Question: Is there sufficient evidence, at the 5% level of significance, to conclude that the salesmen’s claim regarding the life expectancy of XYZ tires is an exaggeration?
You Try: Scroll through the questions below to solve the hypothesis test problem above.
Solutions: Click here to download the Excel solutions to the above problem and click on the sections below to reveal the written solutions to each part of the above exercise.
Assumptions
- The sample size is large enough to ensure that the sampling distribution is normal.
- The are data selected at random such that each data point is independent of the one-another.
- The sample is random, representative and non-bias.
Hypotheses
- H0: μ ≥ 100,000 or μ = 100,000 (we can always use an ‘=’ symbol for H0)
- HA: μ < 100,000
Rejection Region
We want to prove that the average number of kilometers the tires will last is less than 100,000 kilometers (km). If the sample of 100 tires last much less than 100,000 km, there is sufficient evidence to conclude that the real average duration of the tires is less than 100,000 km. This means we need a result in the left-tail or far below 100,000.
Type of Test
This is a left-tailed test.
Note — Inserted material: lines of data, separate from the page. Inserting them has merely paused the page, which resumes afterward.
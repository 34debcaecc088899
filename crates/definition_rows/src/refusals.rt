//! The order of refusals: where two of them have a cause, the first is answered. A refused command
//! makes no note but those named, and changes no name.

ghost use Rattle.std.specs.Prelude.{◌≡◌, [], ◌∷◌, None, true, false};
ghost use Rattle.pool_law.specs.declared.command.Command.{Command};
ghost use Rattle.pool_law.specs.declared.command.Command.TheVariants.{Alloc, Set, Get, Write, Read, Slice, Dup, Retain, Release, Refcnt, Touch, Forget, Send, Recv, Capacity};
ghost use Rattle.pool_law.specs.declared.note.Did.TheVariants.{Room};
ghost use Rattle.pool_law.specs.declared.note.Object.{Object};
ghost use Rattle.pool_law.specs.declared.note.RefDid.{RefDid};
ghost use Rattle.pool_law.specs.declared.run.Reply.{Reply};
ghost use Rattle.definition_rows.specs.Notes.{mail, post, post_nothing, fetch_nothing};
ghost use Rattle.definition_rows.specs.Entries.{alone, on, access, mark};
ghost use Rattle.definition_rows.specs.LanePlays.{held, gone, gone_view, answers, replies, handle, no_handle, home, miss, full, held_mark};

/// `alloc`: taken, toolarge, handles, full.
pub fn alloc()
    ensures taken_before_toolarge { answers (Alloc 0 4194305) (no_handle ∷ [])
        ≡ replies Reply.Taken (no_handle ∷ []) }
    ensures toolarge_before_handles { answers (Alloc 2 4194305) (no_handle ∷ [])
        ≡ replies Reply.TooLarge (no_handle ∷ []) }
    ensures handles_before_full { answers (Alloc 2 8) (no_handle ∷ full 0 ∷ [])
        ≡ replies Reply.Handles (full 0 ∷ []) }
    ensures full { answers (Alloc 2 8) (handle ∷ miss ∷ full 0 ∷ home ∷ [])
        ≡ replies Reply.Full [] }
    ensures full_without_cache { answers (Alloc 2 40960) (handle ∷ full 40 ∷ home ∷ [])
        ≡ replies Reply.Full [] }
    ensures full_and_home { answers (Alloc 2 8) (handle ∷ miss ∷ full 0 ∷ []) ≡ None }
{}

/// `capacity`: unbound, illegal, toolarge, full.
pub fn capacity()
    ensures unbound { answers (Capacity 2 4194305) [] ≡ replies Reply.Unbound [] }
    ensures illegal_before_toolarge { answers (Capacity 1 4194305) [] ≡ replies Reply.Illegal [] }
    ensures illegal_before_enough { answers (Capacity 1 8) (access gone 2 (Room 8 8) ∷ [])
        ≡ replies Reply.Illegal (access gone 2 (Room 8 8) ∷ []) }
    ensures toolarge_before_full { answers (Capacity 0 4194305)
        (access held 2 (Room 4194305 8) ∷ full 67 ∷ [])
        ≡ replies Reply.TooLarge (access held 2 (Room 4194305 8) ∷ full 67 ∷ []) }
    ensures full { answers (Capacity 0 40960) (access held 2 (Room 40960 8) ∷ full 40 ∷ [])
        ≡ replies Reply.Full [] }
    ensures full_unasked { answers (Capacity 0 40960) (full 40 ∷ []) ≡ None }
{}

/// `set` and `get`: unbound, illegal, range.
pub fn set_and_get()
    ensures set_unbound { answers (Set 2 9 (1 ∷ []) false) [] ≡ replies Reply.Unbound [] }
    ensures set_illegal_before_range { answers (Set 1 9 (1 ∷ []) false) []
        ≡ replies Reply.Illegal [] }
    ensures set_range { answers (Set 0 8 (1 ∷ []) false) [] ≡ replies Reply.Range [] }
    ensures get_unbound { answers (Get 2 9 1 false) [] ≡ replies Reply.Unbound [] }
    ensures get_illegal_before_range { answers (Get 1 9 1 false) [] ≡ replies Reply.Illegal [] }
    ensures get_range { answers (Get 0 8 1 false) [] ≡ replies Reply.Range [] }
{}

/// `tryset`: unbound, illegal, range, busy.
pub fn tryset()
    ensures unbound { answers (Set 2 9 (1 ∷ []) true) [] ≡ replies Reply.Unbound [] }
    ensures illegal_before_range { answers (Set 1 9 (1 ∷ []) true) [] ≡ replies Reply.Illegal [] }
    ensures illegal_before_busy { answers (Set 1 0 (1 ∷ []) true) (held_mark ∷ [])
        ≡ replies Reply.Illegal (held_mark ∷ []) }
    ensures range_before_busy { answers (Set 0 8 (1 ∷ []) true) (held_mark ∷ [])
        ≡ replies Reply.Range (held_mark ∷ []) }
    ensures busy { answers (Set 0 0 (1 ∷ []) true) (held_mark ∷ []) ≡ replies (Reply.Busy 5) [] }
    ensures of_the_root { answers (Set 0 0 (1 ∷ []) true) (alone (mark (Object.Root 1) 5) ∷ [])
        ≡ None }
    ensures a_set_waits { answers (Set 0 0 (1 ∷ []) false) (held_mark ∷ []) ≡ None }
{}

/// `tryget`: unbound, illegal, range, busy.
pub fn tryget()
    ensures unbound { answers (Get 2 9 1 true) [] ≡ replies Reply.Unbound [] }
    ensures illegal_before_range { answers (Get 1 9 1 true) [] ≡ replies Reply.Illegal [] }
    ensures illegal_before_busy { answers (Get 1 0 1 true) (held_mark ∷ [])
        ≡ replies Reply.Illegal (held_mark ∷ []) }
    ensures range_before_busy { answers (Get 0 8 1 true) (held_mark ∷ [])
        ≡ replies Reply.Range (held_mark ∷ []) }
    ensures busy { answers (Get 0 0 1 true) (held_mark ∷ []) ≡ replies (Reply.Busy 5) [] }
    ensures of_the_root { answers (Get 0 0 1 true) (alone (mark (Object.Root 1) 5) ∷ []) ≡ None }
    ensures a_get_waits { answers (Get 0 0 1 false) (held_mark ∷ []) ≡ None }
{}

/// `write` and `read`: unbound, illegal, range.
pub fn write_and_read()
    ensures write_unbound { answers (Write 2 (1 ∷ [])) [] ≡ replies Reply.Unbound [] }
    ensures write_illegal_before_range { answers
        (Write 1 (1 ∷ 2 ∷ 3 ∷ 4 ∷ 5 ∷ 6 ∷ 7 ∷ 8 ∷ 9 ∷ [])) []
        ≡ replies Reply.Illegal [] }
    ensures write_range { answers (Write 0 (1 ∷ 2 ∷ 3 ∷ [])) [] ≡ replies Reply.Range [] }
    ensures read_unbound { answers (Read 2 1) [] ≡ replies Reply.Unbound [] }
    ensures read_illegal_before_range { answers (Read 1 1) [] ≡ replies Reply.Illegal [] }
    ensures read_range { answers (Read 0 5) [] ≡ replies Reply.Range [] }
{}

/// `slice` and `rslice`: unbound, taken, illegal, range.
pub fn slice_and_rslice()
    ensures unbound_before_taken { answers (Slice 0 2 9 1 false) [] ≡ replies Reply.Unbound [] }
    ensures taken_before_illegal { answers (Slice 0 1 9 1 false) [] ≡ replies Reply.Taken [] }
    ensures taken_before_range { answers (Slice 1 0 9 1 false) [] ≡ replies Reply.Taken [] }
    ensures illegal_before_range { answers (Slice 2 1 9 1 false) [] ≡ replies Reply.Illegal [] }
    ensures range { answers (Slice 2 0 8 1 false) [] ≡ replies Reply.Range [] }
    ensures retained_unbound { answers (Slice 0 2 9 1 true) [] ≡ replies Reply.Unbound [] }
    ensures retained_taken { answers (Slice 0 1 9 1 true) [] ≡ replies Reply.Taken [] }
    ensures retained_illegal { answers (Slice 2 1 9 1 true) [] ≡ replies Reply.Illegal [] }
    ensures retained_range { answers (Slice 2 0 8 1 true) (on held RefDid.Retain ∷ [])
        ≡ replies Reply.Range (on held RefDid.Retain ∷ []) }
{}

/// `dup`: unbound, taken, illegal. `forget`: unbound.
pub fn dup_and_forget()
    ensures unbound_before_taken { answers (Dup 0 2) [] ≡ replies Reply.Unbound [] }
    ensures taken_before_illegal { answers (Dup 0 1) [] ≡ replies Reply.Taken [] }
    ensures illegal { answers (Dup 2 1) [] ≡ replies Reply.Illegal [] }
    ensures forget_unbound { answers (Forget 2) [] ≡ replies Reply.Unbound [] }
{}

/// `retain`, `release`, `refcnt` and `touch`: unbound, illegal.
pub fn counts_and_touches()
    ensures retain_unbound { answers (Retain 2) [] ≡ replies Reply.Unbound [] }
    ensures retain_illegal { answers (Retain 1) (on gone RefDid.Retain ∷ [])
        ≡ replies Reply.Illegal (on gone RefDid.Retain ∷ []) }
    ensures release_unbound { answers (Release 2) [] ≡ replies Reply.Unbound [] }
    ensures release_illegal { answers (Release 1) [] ≡ replies Reply.Illegal [] }
    ensures refcnt_unbound { answers (Refcnt 2) [] ≡ replies Reply.Unbound [] }
    ensures refcnt_illegal { answers (Refcnt 1) [] ≡ replies Reply.Illegal [] }
    ensures touch_unbound { answers (Touch 2) [] ≡ replies Reply.Unbound [] }
    ensures touch_illegal { answers (Touch 1) [] ≡ replies Reply.Illegal [] }
{}

/// `send`: unbound, illegal, and an empty parcel goes for either. `recv`: nothing.
pub fn send_and_recv()
    ensures unbound { answers (Send 2 1) (alone (mail 0 1 1 post_nothing) ∷ [])
        ≡ replies Reply.Unbound [] }
    ensures illegal { answers (Send 1 1) (alone (mail 0 1 1 post_nothing) ∷ [])
        ≡ replies Reply.Illegal [] }
    ensures no_parcel { answers (Send 1 1) (alone (mail 0 1 1 (post gone_view)) ∷ []) ≡ None }
    ensures not_silent { answers (Send 1 1) [] ≡ None }
    ensures nothing { answers (Recv 2 1) (alone (mail 1 0 1 fetch_nothing) ∷ [])
        ≡ replies Reply.Nothing [] }
{}
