//! The life of a region: its taking, and all that is done with it after that.

ghost use Rattle.pool_law.specs.Legal.{logs_of};
ghost use Rattle.pool_law.specs.Lives.{Got, LivesOn, InOrder, moves_of};
ghost use Rattle.pool_law.specs.Apart.{Before, EndsBefore};
ghost use Rattle.definition_rows.specs.Notes.{least_region};
ghost use Rattle.definition_rows.specs.RootRuns.{one_handle, first_root, second_root};
ghost use Rattle.definition_rows.specs.ArenaRuns.{merging, five, five_region, ten, ten_region};
ghost use Rattle.definition_rows.specs.LaneRuns.{hand_over};
ghost use Rattle.definition_rows.specs.LifeRows.{twice_taken, twice_used, once_taken, once_used, handed_taken, handed_used};

/// Two roots use one region: the first ends, the cache keeps it, and the second hits it there.
pub fn region_used_twice()
    ensures lives { LivesOn Got (least_region 0) (moves_of twice_used) }
    ensures order { InOrder (logs_of one_handle) twice_taken twice_used }
    ensures apart { EndsBefore (logs_of one_handle)
        first_root (least_region 1) second_root (least_region 2) }
{}

/// A region without a cache is given back at once, and its bytes are taken again after that.
pub fn region_given_at_once()
    ensures lives { LivesOn Got (five_region 1 0) (moves_of once_used) }
    ensures order { InOrder (logs_of merging) once_taken once_used }
    ensures before { Before (logs_of merging) (five_region 1 1) (ten_region 1) }
    ensures apart { EndsBefore (logs_of merging) (five 1) (five_region 1 1) ten (ten_region 1) }
{}

/// A region that another lane releases comes back by its owner's cache.
pub fn region_handed_over()
    ensures lives { LivesOn Got (least_region 0) (moves_of handed_used) }
    ensures order { InOrder (logs_of hand_over) handed_taken handed_used }
{}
In order to prove that the mean number of kilometers that tires last is lower than 100,000 km, we will need our sample result to be far enough below the stated mean of 100,000 and be, therefore, in the lower left tail.
Test Statistic
[latex]\begin{align} t_{test} &= \frac{\bar{x}-\mu}{\frac{s}{\sqrt{n}}} \\ &= \frac{98,000-100,000}{\frac{9,434}{\sqrt{100}}} \\ &= -2.1200 \end{align}[/latex]
P-value
Because we are performing a left-tailed test on a mean, we will use Excel’s T.DIST(ttest, n-1, TRUE) function:
[latex]p\text{-value}=\text{T.DIST}(-2.12, 99, \text{TRUE}) = 0.01825[/latex]
Decision
Because the p-value = 0.01825 (1.825%) is less than (<) the level of significance of 5% (0.05), we reject H0.
Conclusion
Because we rejected H0, there is sufficient evidence to conclude that the salesmen’s claim regarding the life expectancy of XYZ tires is an exaggeration.